Jayapura, Jubi – Staf pengajar program studi geografi FKIP Universitas Cenderawasih dan aktivis lingkungan Yehuda Hamokwarong mengatakan perlu adanya studi lebih lanjut mengenai kerusakan hutan mangrove di pesisir Kota Jayapura.
“Sebab kerusakannya sudah berlangsung sejak lama dan turut mengganggu fungsi ekologis hutan mangrove di Kota Jayapura,” katanya ketika diwawancarai Jubi, Jumat (23/2/2024).
Ia mengatakan untuk mendapatkan data penyusutan lahan mangrove tersebut perlu ada studi lebih lanjut. “Namun secara kasat mata kita bisa lihat, luasan lahannya memang sudah berkurang secara drastis,” kata Hamokwarong.
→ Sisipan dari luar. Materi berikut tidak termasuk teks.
/// Worked rows: headers, block descriptors, all pages, values of each kind.
#[tactic(auto, unfolding(crate::specs::DriveData::pages_shown))]
pub fn drive_data_rows()
    ensures compression_of_six { drive_answer (sense Six false Current 0x0F 0x00) (drive_state default_values false true)
        ≡ Ok (0x1B ∷ 0x80 ∷ 0x10 ∷ 0x08 ∷ 0 ∷ 0 ∷ 0 ∷ 0 ∷ 0 ∷ 0 ∷ 0 ∷ 0 ∷ 0x0F ∷ 0x0E ∷ 0xC0 ∷ 0x80 ∷ 0 ∷ 0 ∷ 0 ∷ 0xFF ∷ 0 ∷ 0 ∷ 0
        ∷ 0xFF ∷ 0 ∷ 0 ∷ 0 ∷ 0 ∷ []) }
    ensures no_page_of_ten { drive_answer (sense Ten false Current 0x00 0x00) (drive_state default_values false true)
        ≡ Ok (0 ∷ 0x0E ∷ 0x80 ∷ 0x10 ∷ 0 ∷ 0 ∷ 0 ∷ 0x08 ∷ 0 ∷ 0 ∷ 0 ∷ 0 ∷ 0 ∷ 0 ∷ 0 ∷ 0 ∷ []) }
    ensures changeable_bits_of_all { drive_answer (sense Six false Changeable 0x3F 0x00) (drive_state default_values false true)
        ≡ Ok (0x87 ∷ 0x80 ∷ 0x10 ∷ 0x08 ∷ 0 ∷ 0 ∷ 0 ∷ 0 ∷ 0 ∷ 0xFF ∷ 0xFF ∷ 0xFF ∷ 0x01 ∷ 0x0A ∷ 0 ∷ 0 ∷ 0 ∷ 0 ∷ 0 ∷ 0 ∷ 0 ∷ 0 ∷ 0
        ∷ 0 ∷ 0x02 ∷ 0x0E ∷ 0 ∷ 0 ∷ 0 ∷ 0 ∷ 0 ∷ 0 ∷ 0 ∷ 0 ∷ 0 ∷ 0 ∷ 0 ∷ 0 ∷ 0 ∷ 0 ∷ 0x0A ∷ 0x0A ∷ 0 ∷ 0 ∷ 0 ∷ 0 ∷ 0 ∷ 0 ∷ 0 ∷ 0 ∷ 0
        ∷ 0 ∷ 0x0F ∷ 0x0E ∷ 0x80 ∷ 0 ∷ 0 ∷ 0 ∷ 0 ∷ 0 ∷ 0 ∷ 0 ∷ 0 ∷ 0 ∷ 0 ∷ 0 ∷ 0 ∷ 0 ∷ 0x10 ∷ 0x0E ∷ 0 ∷ 0 ∷ 0 ∷ 0 ∷ 0 ∷ 0 ∷ 0 ∷ 0
        ∷ 0 ∷ 0 ∷ 0 ∷ 0 ∷ 0xFF ∷ 0 ∷ 0x11 ∷ 0x06 ∷ 0 ∷ 0 ∷ 0 ∷ 0 ∷ 0 ∷ 0 ∷ 0x1C ∷ 0x0A ∷ 0 ∷ 0 ∷ 0 ∷ 0 ∷ 0 ∷ 0 ∷ 0 ∷ 0 ∷ 0 ∷ 0 ∷ 0x1D
        ∷ 0x1E ∷ 0 ∷ 0 ∷ 0 ∷ 0 ∷ 0 ∷ 0 ∷ 0 ∷ 0 ∷ 0 ∷ 0 ∷ 0 ∷ 0 ∷ 0 ∷ 0 ∷ 0 ∷ 0 ∷ 0 ∷ 0 ∷ 0 ∷ 0 ∷ 0 ∷ 0 ∷ 0 ∷ 0 ∷ 0 ∷ 0 ∷ 0 ∷ 0 ∷ 0
        ∷ 0 ∷ []) }
    ensures all_pages_of_six { drive_answer (sense Six false Current 0x3F 0x00) (drive_state default_values false true)
        ≡ Ok (0x87 ∷ 0x80 ∷ 0x10 ∷ 0x08 ∷ 0 ∷ 0 ∷ 0 ∷ 0 ∷ 0 ∷ 0 ∷ 0 ∷ 0 ∷ 0x01 ∷ 0x0A ∷ 0 ∷ 0x08 ∷ 0 ∷ 0 ∷ 0 ∷ 0 ∷ 0x08 ∷ 0 ∷ 0 ∷ 0
        ∷ 0x02 ∷ 0x0E ∷ 0 ∷ 0 ∷ 0 ∷ 0 ∷ 0 ∷ 0 ∷ 0 ∷ 0 ∷ 0 ∷ 0 ∷ 0 ∷ 0 ∷ 0 ∷ 0 ∷ 0x0A ∷ 0x0A ∷ 0x02 ∷ 0 ∷ 0 ∷ 0 ∷ 0 ∷ 0 ∷ 0 ∷ 0 ∷ 0
        ∷ 0 ∷ 0x0F ∷ 0x0E ∷ 0xC0 ∷ 0x80 ∷ 0 ∷ 0 ∷ 0 ∷ 0xFF ∷ 0 ∷ 0 ∷ 0 ∷ 0xFF ∷ 0 ∷ 0 ∷ 0 ∷ 0 ∷ 0x10 ∷ 0x0E ∷ 0 ∷ 0 ∷ 0 ∷ 0 ∷ 0 ∷ 0
        ∷ 0x40 ∷ 0 ∷ 0x18 ∷ 0 ∷ 0 ∷ 0 ∷ 0x01 ∷ 0x08 ∷ 0x11 ∷ 0x06 ∷ 0 ∷ 0 ∷ 0x10 ∷ 0x03 ∷ 0 ∷ 0 ∷ 0x1C ∷ 0x0A ∷ 0x08 ∷ 0x03 ∷ 0 ∷ 0
        ∷ 0 ∷ 0 ∷ 0 ∷ 0 ∷ 0 ∷ 0 ∷ 0x1D ∷ 0x1E ∷ 0 ∷ 0 ∷ 0 ∷ 0 ∷ 0 ∷ 0 ∷ 0 ∷ 0 ∷ 0 ∷ 0 ∷ 0 ∷ 0 ∷ 0 ∷ 0 ∷ 0 ∷ 0 ∷ 0 ∷ 0 ∷ 0 ∷ 0 ∷ 0 ∷ 0
        ∷ 0 ∷ 0 ∷ 0 ∷ 0 ∷ 0 ∷ 0 ∷ 0 ∷ 0 ∷ []) }
    ensures all_pages_of_ten { drive_answer (sense Ten true Current 0x3F 0xFF) (drive_state default_values false true)
        ≡ Ok (0 ∷ 0x82 ∷ 0x80 ∷ 0x10 ∷ 0 ∷ 0 ∷ 0 ∷ 0 ∷ 0x01 ∷ 0x0A ∷ 0 ∷ 0x08 ∷ 0 ∷ 0 ∷ 0 ∷ 0 ∷ 0x08 ∷ 0 ∷ 0 ∷ 0 ∷ 0x02 ∷ 0x0E ∷ 0
        ∷ 0 ∷ 0 ∷ 0 ∷ 0 ∷ 0 ∷ 0 ∷ 0 ∷ 0 ∷ 0 ∷ 0 ∷ 0 ∷ 0 ∷ 0 ∷ 0x0A ∷ 0x0A ∷ 0x02 ∷ 0 ∷ 0 ∷ 0 ∷ 0 ∷ 0 ∷ 0 ∷ 0 ∷ 0 ∷ 0 ∷ 0x0F ∷ 0x0E
        ∷ 0xC0 ∷ 0x80 ∷ 0 ∷ 0 ∷ 0 ∷ 0xFF ∷ 0 ∷ 0 ∷ 0 ∷ 0xFF ∷ 0 ∷ 0 ∷ 0 ∷ 0 ∷ 0x10 ∷ 0x0E ∷ 0 ∷ 0 ∷ 0 ∷ 0 ∷ 0 ∷ 0 ∷ 0x40 ∷ 0 ∷ 0x18
        ∷ 0 ∷ 0 ∷ 0 ∷ 0x01 ∷ 0x08 ∷ 0x11 ∷ 0x06 ∷ 0 ∷ 0 ∷ 0x10 ∷ 0x03 ∷ 0 ∷ 0 ∷ 0x1C ∷ 0x0A ∷ 0x08 ∷ 0x03 ∷ 0 ∷ 0 ∷ 0 ∷ 0 ∷ 0 ∷ 0 ∷ 0
        ∷ 0 ∷ 0x1D ∷ 0x1E ∷ 0 ∷ 0 ∷ 0 ∷ 0 ∷ 0 ∷ 0 ∷ 0 ∷ 0 ∷ 0 ∷ 0 ∷ 0 ∷ 0 ∷ 0 ∷ 0 ∷ 0 ∷ 0 ∷ 0 ∷ 0 ∷ 0 ∷ 0 ∷ 0 ∷ 0 ∷ 0 ∷ 0 ∷ 0 ∷ 0 ∷ 0
        ∷ 0 ∷ 0 ∷ 0 ∷ []) }
    ensures empty_bay { drive_answer (sense Six true Current 0x00 0x00) (drive_state default_values false false)
        ≡ Ok (0x03 ∷ 0 ∷ 0x10 ∷ 0 ∷ []) }
    ensures protected_blocks { drive_answer (sense Six false Current 0x00 0x00) (drive_state (mode_values 0x010203 false) true true)
        ≡ Ok (0x0B ∷ 0x80 ∷ 0x90 ∷ 0x08 ∷ 0 ∷ 0 ∷ 0 ∷ 0 ∷ 0 ∷ 0x01 ∷ 0x02 ∷ 0x03 ∷ []) }
    ensures compression_is_off { drive_answer (sense Six true Current 0x0F 0xFF) (drive_state (mode_values 0x200 false) false true)
        ≡ Ok (0x13 ∷ 0x80 ∷ 0x10 ∷ 0 ∷ 0x0F ∷ 0x0E ∷ 0x40 ∷ 0x80 ∷ 0 ∷ 0 ∷ 0 ∷ 0xFF ∷ 0 ∷ 0 ∷ 0 ∷ 0xFF ∷ 0 ∷ 0 ∷ 0 ∷ 0 ∷ []) }
    ensures no_algorithm { drive_answer (sense Ten true Current 0x10 0x00) (drive_state (mode_values 0x200 false) false true)
        ≡ Ok (0 ∷ 0x16 ∷ 0x80 ∷ 0x10 ∷ 0 ∷ 0 ∷ 0 ∷ 0 ∷ 0x10 ∷ 0x0E ∷ 0 ∷ 0 ∷ 0 ∷ 0 ∷ 0 ∷ 0 ∷ 0x40 ∷ 0 ∷ 0x18 ∷ 0 ∷ 0 ∷ 0 ∷ 0 ∷ 0x08
        ∷ []) }
    ensures values_of_a_reset { drive_answer (sense Six false Default 0x0F 0x00) (drive_state (mode_values 0x200 false) false true)
        ≡ Ok (0x1B ∷ 0x80 ∷ 0x10 ∷ 0x08 ∷ 0 ∷ 0 ∷ 0 ∷ 0 ∷ 0 ∷ 0 ∷ 0 ∷ 0 ∷ 0x0F ∷ 0x0E ∷ 0xC0 ∷ 0x80 ∷ 0 ∷ 0 ∷ 0 ∷ 0xFF ∷ 0 ∷ 0 ∷ 0
        ∷ 0xFF ∷ 0 ∷ 0 ∷ 0 ∷ 0 ∷ []) }
{}

/// Worked rows: what MODE SENSE of a drive is refused for.
pub fn drive_fault_rows()
    ensures saved_values { drive_fault (sense Six false Saved 0x3F 0x00)
        ≡ Some SavingParametersNotSupported }
    ensures saved_values_of_no_page { drive_fault (sense Six false Saved 0x03 0x01)
        ≡ Some SavingParametersNotSupported }
    ensures page_of_disks { drive_fault (sense Six false Current 0x08 0x00)
        ≡ Some InvalidFieldInCdb }
    ensures page_of_changers { drive_fault (sense Six false Current 0x1F 0x00)
        ≡ Some InvalidFieldInCdb }
    ensures subpage { drive_fault (sense Six false Changeable 0x10 0x01)
        ≡ Some InvalidFieldInCdb }
    ensures subpages_of_all { drive_fault (sense Six false Default 0x3F 0x01)
        ≡ Some InvalidFieldInCdb }
    ensures subpages_of_no_page { drive_fault (sense Six false Current 0x03 0xFF)
        ≡ Some InvalidFieldInCdb }
    ensures subpages_of_a_page { drive_fault (sense Six false Current 0x10 0xFF)
        ≡ None }
    ensures all { drive_fault (sense Six false Default 0x3F 0xFF)
        ≡ None }
    ensures no_page { drive_fault (sense Six false Current 0x00 0x00)
        ≡ None }
{}

/// Worked rows of a changer with 20 storage, four import/export and two data transfer elements, and of one without import/export elements.
#[tactic(auto, unfolding(crate::specs::ChangerData::pages_shown))]
pub fn changer_rows()
    ensures control { changer_answer (sense Six false Current 0x0A 0x00) (elements 0x14 0x04 0x02)
        ≡ Ok (0x0F ∷ 0 ∷ 0 ∷ 0 ∷ 0x0A ∷ 0x0A ∷ 0x02 ∷ 0 ∷ 0 ∷ 0 ∷ 0 ∷ 0 ∷ 0 ∷ 0 ∷ 0 ∷ 0 ∷ []) }
    ensures informational_exceptions_control { changer_answer (sense Six false Current 0x1C 0x00) (elements 0x14 0x04 0x02)
        ≡ Ok (0x0F ∷ 0 ∷ 0 ∷ 0 ∷ 0x1C ∷ 0x0A ∷ 0x08 ∷ 0x03 ∷ 0 ∷ 0 ∷ 0 ∷ 0 ∷ 0 ∷ 0 ∷ 0 ∷ 0 ∷ []) }
    ensures element_address_assignment { changer_answer (sense Six false Current 0x1D 0x00) (elements 0x14 0x04 0x02)
        ≡ Ok (0x17 ∷ 0 ∷ 0 ∷ 0 ∷ 0x1D ∷ 0x12 ∷ 0 ∷ 0 ∷ 0 ∷ 0x01 ∷ 0x04 ∷ 0 ∷ 0 ∷ 0x14 ∷ 0x02 ∷ 0 ∷ 0 ∷ 0x04 ∷ 0x01 ∷ 0 ∷ 0 ∷ 0x02 ∷ 0
        ∷ 0 ∷ []) }
    ensures transport_geometry_parameters { changer_answer (sense Six false Current 0x1E 0x00) (elements 0x14 0x04 0x02)
        ≡ Ok (0x07 ∷ 0 ∷ 0 ∷ 0 ∷ 0x1E ∷ 0x02 ∷ 0 ∷ 0 ∷ []) }
    ensures device_capabilities { changer_answer (sense Six false Current 0x1F 0x00) (elements 0x14 0x04 0x02)
        ≡ Ok (0x17 ∷ 0 ∷ 0 ∷ 0 ∷ 0x1F ∷ 0x12 ∷ 0x0E ∷ 0x03 ∷ 0 ∷ 0x0E ∷ 0x0E ∷ 0x0E ∷ 0 ∷ 0 ∷ 0 ∷ 0 ∷ 0 ∷ 0x0E ∷ 0x0E ∷ 0x06 ∷ 0 ∷ 0
        ∷ 0 ∷ 0 ∷ []) }
    ensures all_pages_of_ten { changer_answer (sense Ten true Default 0x3F 0x00) (elements 0x14 0x04 0x02)
        ≡ Ok (0 ∷ 0x4A ∷ 0 ∷ 0 ∷ 0 ∷ 0 ∷ 0 ∷ 0 ∷ 0x0A ∷ 0x0A ∷ 0x02 ∷ 0 ∷ 0 ∷ 0 ∷ 0 ∷ 0 ∷ 0 ∷ 0 ∷ 0 ∷ 0 ∷ 0x1C ∷ 0x0A ∷ 0x08 ∷ 0x03
        ∷ 0 ∷ 0 ∷ 0 ∷ 0 ∷ 0 ∷ 0 ∷ 0 ∷ 0 ∷ 0x1D ∷ 0x12 ∷ 0 ∷ 0 ∷ 0 ∷ 0x01 ∷ 0x04 ∷ 0 ∷ 0 ∷ 0x14 ∷ 0x02 ∷ 0 ∷ 0 ∷ 0x04 ∷ 0x01 ∷ 0 ∷ 0
        ∷ 0x02 ∷ 0 ∷ 0 ∷ 0x1E ∷ 0x02 ∷ 0 ∷ 0 ∷ 0x1F ∷ 0x12 ∷ 0x0E ∷ 0x03 ∷ 0 ∷ 0x0E ∷ 0x0E ∷ 0x0E ∷ 0 ∷ 0 ∷ 0 ∷ 0 ∷ 0 ∷ 0x0E ∷ 0x0E
        ∷ 0x06 ∷ 0 ∷ 0 ∷ 0 ∷ 0 ∷ []) }
    ensures no_page { changer_answer (sense Six false Current 0x00 0x00) (elements 0x14 0x04 0x02)
        ≡ Ok (0x03 ∷ 0 ∷ 0 ∷ 0 ∷ []) }
    ensures no_import_export { changer_answer (sense Six true Current 0x1F 0x00) (elements 0x14 0x00 0x02)
        ≡ Ok (0x17 ∷ 0 ∷ 0 ∷ 0 ∷ 0x1F ∷ 0x12 ∷ 0x0A ∷ 0x03 ∷ 0 ∷ 0x0A ∷ 0 ∷ 0x0A ∷ 0 ∷ 0 ∷ 0 ∷ 0 ∷ 0 ∷ 0x0A ∷ 0 ∷ 0x02 ∷ 0 ∷ 0 ∷ 0
        ∷ 0 ∷ []) }
    ensures nothing_is_changeable { changer_answer (sense Six true Changeable 0x1F 0xFF) (elements 0x14 0x04 0x02)
        ≡ Ok (0x17 ∷ 0 ∷ 0 ∷ 0 ∷ 0x1F ∷ 0x12 ∷ 0 ∷ 0 ∷ 0 ∷ 0 ∷ 0 ∷ 0 ∷ 0 ∷ 0 ∷ 0 ∷ 0 ∷ 0 ∷ 0 ∷ 0 ∷ 0 ∷ 0 ∷ 0 ∷ 0 ∷ 0 ∷ []) }
    ensures saved_values { changer_answer (sense Six true Saved 0x0F 0x01) (elements 0x14 0x04 0x02)
        ≡ Err SavingParametersNotSupported }
    ensures page_of_drives { changer_answer (sense Six true Current 0x0F 0x00) (elements 0x14 0x04 0x02)
        ≡ Err InvalidFieldInCdb }
    ensures subpage { changer_answer (sense Ten true Current 0x1D 0x01) (elements 0x14 0x04 0x02)
        ≡ Err InvalidFieldInCdb }
{}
Ia menjelaskan, kerusakan pertama terjadi akibat peralihan fungsi lahan. Hal itu sudah dimulai sejak zaman Perang Dunia II ketika tentara Amerika menduduki Kota Jayapura pada 1945. Waktu itu hutan mangrove dibabat. Lokasinya di kantor Bank Papua sekarang, Taman Imbi, dan Kompleks Ruko Dong II.
Kerusakan berikutnya terjadi pada zaman Pemerintahan Belanda 1949 dan Indonesia 1960. Waktu itu hutan mangrove di sepanjang Dok IX kali, Dok VIII, sampai ke Kampung Kayu Batu dibabat untuk permukiman warga migran yang datang dari luar Kota Jayapura.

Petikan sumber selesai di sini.